Control of food intake in the obese.

Food intake (eating) is a form of behavior that is subject to conscious control. In practice, many obese and weight-gaining individuals claim that their eating is out of (their) control. Mechanistic models describe the interplay of biological and environmental forces that control food intake. However, because human food intake is characterized by individuals intervening to adjust their own patterns of behavior, food intake should reflect interactions among biology, environment, and attempted self-imposed control of behavior. In general, humans display a system of weight regulation that is asymmetrical--a reduction in body weight is strongly defended but weight gain is not. The body seems to tolerate a positive energy balance.
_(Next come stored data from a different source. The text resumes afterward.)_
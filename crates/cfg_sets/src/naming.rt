//! For each rule the productions in whose bodies it occurs.

ghost use Rattle.std.specs.Prelude.{◌≡◌, ℕ, ◌<◌, List, [], length, get_or, slice_get, Some, replicate, IsTrue, IfOk, OnOk};
ghost use Rattle.std.specs.List.{Contains};
ghost use Rattle.cfg_theory.specs.Grammar.{Sym, Grammar};
ghost use Rattle.cfg_numbered.specs.Symbols.{sym_of, syms_of};
ghost use Rattle.cfg_sets.specs.WorkLists.{ListsNaming, AddsNamed, IsRule, IsSomeOf, HasList};
ghost use Rattle.vob.specs.Sets.{is_set};

use cfg_base::index::IndexStorage;
use cfg_base::symbol::Symbol;
use cfg_numbered::yacc::grammar::NumberedGrammar;
use std::alloc::{AllocError, Global};
use std::marker::Model;
use vob::Vob;

/// The productions that name each rule, in order. One that names a rule twice is listed once.
#[derive(Drop)]
pub struct Naming {
    lists: Vec<Vec<usize>>,
}

impl Model for Naming {
    ghost use Rattle.std.specs.Prelude.{ℕ, List, map};

    ghost Value = { List (List ℕ) };

    ghost view = { λ n. map (λ l. l.items) n.lists.items };
}

impl Naming {
    /// Lists, for each rule of a grammar, the productions that name it.
    pub fn new<S: IndexStorage>(
        alloc: Global,
        grm: &NumberedGrammar<S>,
    ) -> Result<Naming, AllocError>
        ensures { IfOk result (λ n. ListsNaming grm.now.grammar (length grm.now.grammar.productions) n) }
    {
        let mut naming = Naming::empty(alloc, grm.rules_len().0.to_usize())?;
        grm.stays_well_formed();
        'prods: for number in 0..grm.prods_len().0.to_usize() {
            naming.add_all(number, grm.prod(grm.prod_at(number)))?;
        }
        Ok(naming)
    }

    fn empty(alloc: Global, rules: usize) -> Result<Naming, AllocError>
        ensures { IfOk result (λ n. n ≡ replicate rules []) }
    {
        let mut lists = Vec::new(alloc);
        'rules: for _ in 0..rules {
            lists.push(Vec::new(alloc))?;
        }
        Ok(Naming { lists })
    }

    /// Returns how many rules there are.
    pub fn len(&self) -> usize
        ensures { result ≡ length self.now }
    {
        self.lists.len()
    }

    /// Returns the productions that name a rule.
    pub fn of(&self, rule: usize) -> &[usize]
        requires { rule < length self.now }
        ensures { result.now ≡ get_or self.now rule [] }
    {
        self.lists[rule].as_slice()
    }

    /// Takes the productions that name a rule out of a set.
    pub fn take_out(&self, rule: usize, prods: &mut Vob)
        requires rule { rule < length self.now }
        requires within { (p : ℕ) → Contains (get_or self.now rule []) p → p < length prods.old.bits }
        ensures width { length prods.new.bits ≡ length prods.old.bits }
        ensures fewer { (p : ℕ) → IsTrue (is_set prods.new.bits p) → IsTrue (is_set prods.old.bits p) }
        ensures gone { (p : ℕ) → Contains (get_or self.now rule []) p → IsTrue (is_set prods.new.bits p) → ⊥ }
    {
        let named = self.of(rule);
        'prods: for index in 0..named.len() {
            prods.set(named[index], false);
        }
    }

    /// Lists a production beside each rule among the symbols.
    fn add_all<S: IndexStorage>(
        &mut self,
        number: usize,
        symbols: &[Symbol<S>],
    ) -> Result<(), AllocError>
        requires { (d : ℕ) (X : Sym) → slice_get (syms_of S.number symbols.now) d ≡ Some X → HasList (length self.old) X }
        ensures { OnOk result (AddsNamed number (IsSomeOf (syms_of S.number symbols.now)) self.old self.new) }
    {
        'symbols: for index in 0..symbols.len() {
            self.add_symbol(number, symbols[index])?;
        }
        Ok(())
    }

    /// Lists a production beside a symbol, where that is a rule.
    fn add_symbol<S: IndexStorage>(
        &mut self,
        number: usize,
        symbol: Symbol<S>,
    ) -> Result<(), AllocError>
        requires { HasList (length self.old) (sym_of S.number symbol) }
        ensures { OnOk result (AddsNamed number (IsRule (sym_of S.number symbol)) self.old self.new) }
    {
        match symbol {
            Symbol::Rule(rule) => self.add(number, rule.0.to_usize()),
            Symbol::Token(_) => Ok(()),
        }
    }

    /// Lists a production beside a rule, unless it is the last one there.
    fn add(&mut self, number: usize, rule: usize) -> Result<(), AllocError>
        requires { rule < length self.old }
        ensures { OnOk result (AddsNamed number (λ A. A ≡ rule) self.old self.new) }
    {
        let list = &mut self.lists[rule];
        if ends_with(list.as_slice(), number) {
            return Ok(());
        }
        list.push(number)?;
        Ok(())
    }
}

/// Returns whether the number is the last one of the list.
fn ends_with(list: &[usize], number: usize) -> bool
    ensures { IsTrue result → Contains list.now number }
{
    let count = list.len();
    count > 0 && list[count - 1] == number
}
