//! Shortest strings that lead to states.

use cfg_base::index::IndexStorage;
use cfg_base::symbol::Symbol;
use lrtable::{StIdx, StateGraph};
use std::alloc::{AllocError, Global};

/// The edge by which a walk first came to a state.
#[derive(Clone, Copy)]
struct Step {
    from: StIdx<u32>,
    symbol: Symbol<u32>,
}

/// A walk over the states, breadth first.
#[derive(Drop)]
struct Walk {
    /// For each state the edge by which it was reached; none of the start state.
    steps: Vec<Option<Step>>,
    /// The states in the order in which they were reached.
    order: Vec<StIdx<u32>>,
}

/// Begins a walk.
fn begin_walk(alloc: Global, graph: &StateGraph<u32>) -> Result<Walk, AllocError> {
    let mut steps = Vec::new(alloc);
    for _state in 0..graph.all_states_len().0.to_usize() {
        steps.push(None)?;
    }
    let mut order = Vec::new(alloc);
    order.push(graph.start_state())?;
    Ok(Walk { steps, order })
}

/// Returns whether a state is reached for the first time, and stores the edge that led there.
fn is_new(walk: &mut Walk, to: StIdx<u32>, step: Step) -> bool {
    match walk.steps.get_mut(to.0.to_usize()) {
        Some(place) => {
            if place.is_some() {
                return false;
            }
            *place = Some(step);
            true
        }
        None => false,
    }
}

/// Follows the edges of a state.
fn follow_edges(
    walk: &mut Walk,
    graph: &StateGraph<u32>,
    from: StIdx<u32>,
) -> Result<(), AllocError> {
    if !graph.has_state(from) {
        return Ok(());
    }
    let edges = graph.edges(from);
    'edges: for index in 0..edges.len() {
        let (symbol, to) = edges[index];
        if to != graph.start_state() && is_new(walk, to, Step { from, symbol }) {
            walk.order.push(to)?;
        }
    }
    Ok(())
}

/// Returns for each state the edge by which a shortest way reaches it.
fn shortest_steps(alloc: Global, graph: &StateGraph<u32>) -> Result<Vec<Option<Step>>, AllocError> {
    let mut walk = begin_walk(alloc, graph)?;
    for index in 0..walk.steps.len() {
        if let Some(from) = walk.order.get(index).copied() {
            follow_edges(&mut walk, graph, from)?;
        }
    }
    Ok(walk.steps)
}

/// Returns the symbols on a shortest way from the start state to a state; none where no edges lead there.
pub(crate) fn string_to(
    alloc: Global,
    graph: &StateGraph<u32>,
    state: StIdx<u32>,
) -> Result<Vec<Symbol<u32>>, AllocError> {
    let steps = shortest_steps(alloc, graph)?;
    let mut symbols = Vec::new(alloc);
    let mut at = state;
    for _state in 0..steps.len() {
        let Some(Some(step)) = steps.get(at.0.to_usize()).copied() else {
            break;
        };
        symbols.push(step.symbol)?;
        at = step.from;
    }
    symbols.reverse();
    Ok(symbols)
}
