//! Syntax trees, changed.

ghost use Rattle.std.specs.Prelude.{◌<◌};

use crate::same::same;
use cfg_base::span::Span;
use cfg_read::yacc::ast::{GrammarAST, Production, Rule};
use cfg_read::yacc::{ASTWithValidityInfo, YaccKind, YaccOriginalActionKind};
use std::alloc::{AllocError, Global};
use std::test::*;

const TREE: YaccKind = YaccKind::Original(YaccOriginalActionKind::GenericParseTree);

/// Adds a rule's name and span, the numbers of its productions and the type of its actions.
fn push_rule(alloc: Global, out: &mut String, rule: &Rule) -> Result<(), AllocError> {
    let name = rule.name.0.as_str();
    let start = rule.name.1.start();
    let end = rule.name.1.end();
    let numbers = rule.pidxs.as_slice();
    out.push_str(format!(in alloc; "{name} {start}-{end} {numbers:?}")?.as_str())?;
    if let Some(kind) = &rule.actiont {
        out.push_str(" ->")?;
        out.push_str(kind.as_str())?;
    }
    out.push_str("; ")
}

/// Renders the rules, and then the programs.
fn rules_text(alloc: Global, ast: &GrammarAST) -> Result<String, AllocError> {
    let mut out = String::new(alloc);
    for (_name, rule) in ast.rules() {
        push_rule(alloc, &mut out, rule)?;
    }
    if let Some(text) = ast.programs() {
        out.push_str(text.as_str())?;
    }
    Ok(out)
}

/// Returns whether a tree has nothing else that a grammar has once, no start rule and no token.
fn has_no_more(ast: &GrammarAST) -> bool {
    let has_numbers = ast.expect().is_some() || ast.expectrr().is_some();
    let has_texts = ast.parse_param().is_some() || ast.parse_generics().is_some();
    !has_numbers && !has_texts && ast.start().is_none() && ast.tokens().is_empty()
}

fn span_of(start: usize) -> Span
    requires { start < 1000 }
{
    Span::new(start, start + 1)
}

fn name_at(alloc: Global, name: &str, start: usize) -> Result<(String, Span), AllocError>
    requires { start < 1000 }
{
    Ok((String::from_str(alloc, name)?, span_of(start)))
}

fn empty_tree(alloc: Global) -> Result<GrammarAST, AllocError> {
    let checked = ASTWithValidityInfo::new(alloc, TREE, "")?;
    let copy: Result<GrammarAST, AllocError> = checked.ast().clone();
    drop(checked);
    copy
}

/// Adds a production without symbols, where the rule is there.
fn add_production(alloc: Global, ast: &mut GrammarAST, rule: &str) -> Result<(), AllocError> {
    let production = Production::new(alloc, Vec::new(alloc), None, None, span_of(5))?;
    if ast.get_rule(rule).is_some() {
        ast.add_prod(rule, production)?;
    }
    Ok(())
}

fn add_rules(alloc: Global, ast: &mut GrammarAST) -> Result<(), AllocError> {
    ast.add_rule(alloc, name_at(alloc, "S", 0)?, None)?;
    ast.add_rule(alloc, name_at(alloc, "T", 2)?, None)?;
    add_production(alloc, ast, "S")?;
    add_production(alloc, ast, "T")?;
    add_production(alloc, ast, "U")?;
    add_production(alloc, ast, "S")
}

fn replace_rule(alloc: Global, ast: &mut GrammarAST) -> Result<(), AllocError> {
    let kind = String::from_str(alloc, "u8")?;
    ast.add_rule(alloc, name_at(alloc, "S", 7)?, Some(kind))
}

fn set_texts(alloc: Global, ast: &mut GrammarAST) -> Result<(), AllocError> {
    ast.set_programs(String::from_str(alloc, "p")?);
    ast.add_programs(String::from_str(alloc, "q")?);
    Ok(())
}

/// Changes a tree in three steps, and returns it after each.
fn changes(alloc: Global, ast: &mut GrammarAST) -> Result<[String; 3], AllocError> {
    add_rules(alloc, ast)?;
    let added = rules_text(alloc, ast)?;
    replace_rule(alloc, ast)?;
    let replaced = rules_text(alloc, ast)?;
    set_texts(alloc, ast)?;
    Ok([added, replaced, rules_text(alloc, ast)?])
}

#[test]
fn changed_trees(rt: HostRuntime) -> Result<(), Fail> {
    let mut ast = empty_tree(rt.alloc())?;
    let changes = changes(rt.alloc(), &mut ast);
    let count = ast.prods().len();
    let has_none = ast.get_rule("U").is_none() && !ast.has_token("a") && has_no_more(&ast);
    drop(ast);
    let [added, replaced, programs] = changes?;
    same(
        &rt,
        "added rules",
        added.as_str(),
        "S 0-1 [0, 2]; T 2-3 [1]; ",
    );
    same(
        &rt,
        "replaced rule",
        replaced.as_str(),
        "S 7-8 [] ->u8; T 2-3 [1]; ",
    );
    same(
        &rt,
        "programs",
        programs.as_str(),
        "S 7-8 [] ->u8; T 2-3 [1]; q",
    );
    same(
        &rt,
        "productions and nothing else",
        (count, has_none),
        (3, true),
    );
    Ok(())
}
There is no mechanism that can detect a positive energy balance per se or that can implement a sufficiently strong correction to behavior to maintain body weight in an environment that promotes consumption. The evolutionary process has favored biological traits associated with preferences for high energy density (sweet and/or fatty) energy-yielding foods. The control of food intake in obese or weight-gaining individuals may display various risk factors that favor an increase in energy. These include the preference for high energy-dense over low energy-dense foods, weak postprandial inhibitory signaling, strong hunger traits associated with low leptin levels after weight loss, and the consumption of fatty foods. In addition, many individuals (up to 47% of some samples) display binge eating patterns, whereas approximately 16% show either night eating or nocturnal eating. Because energy expenditure is only loosely coupled to energy intake, sedentariness does not down-regulate food intake.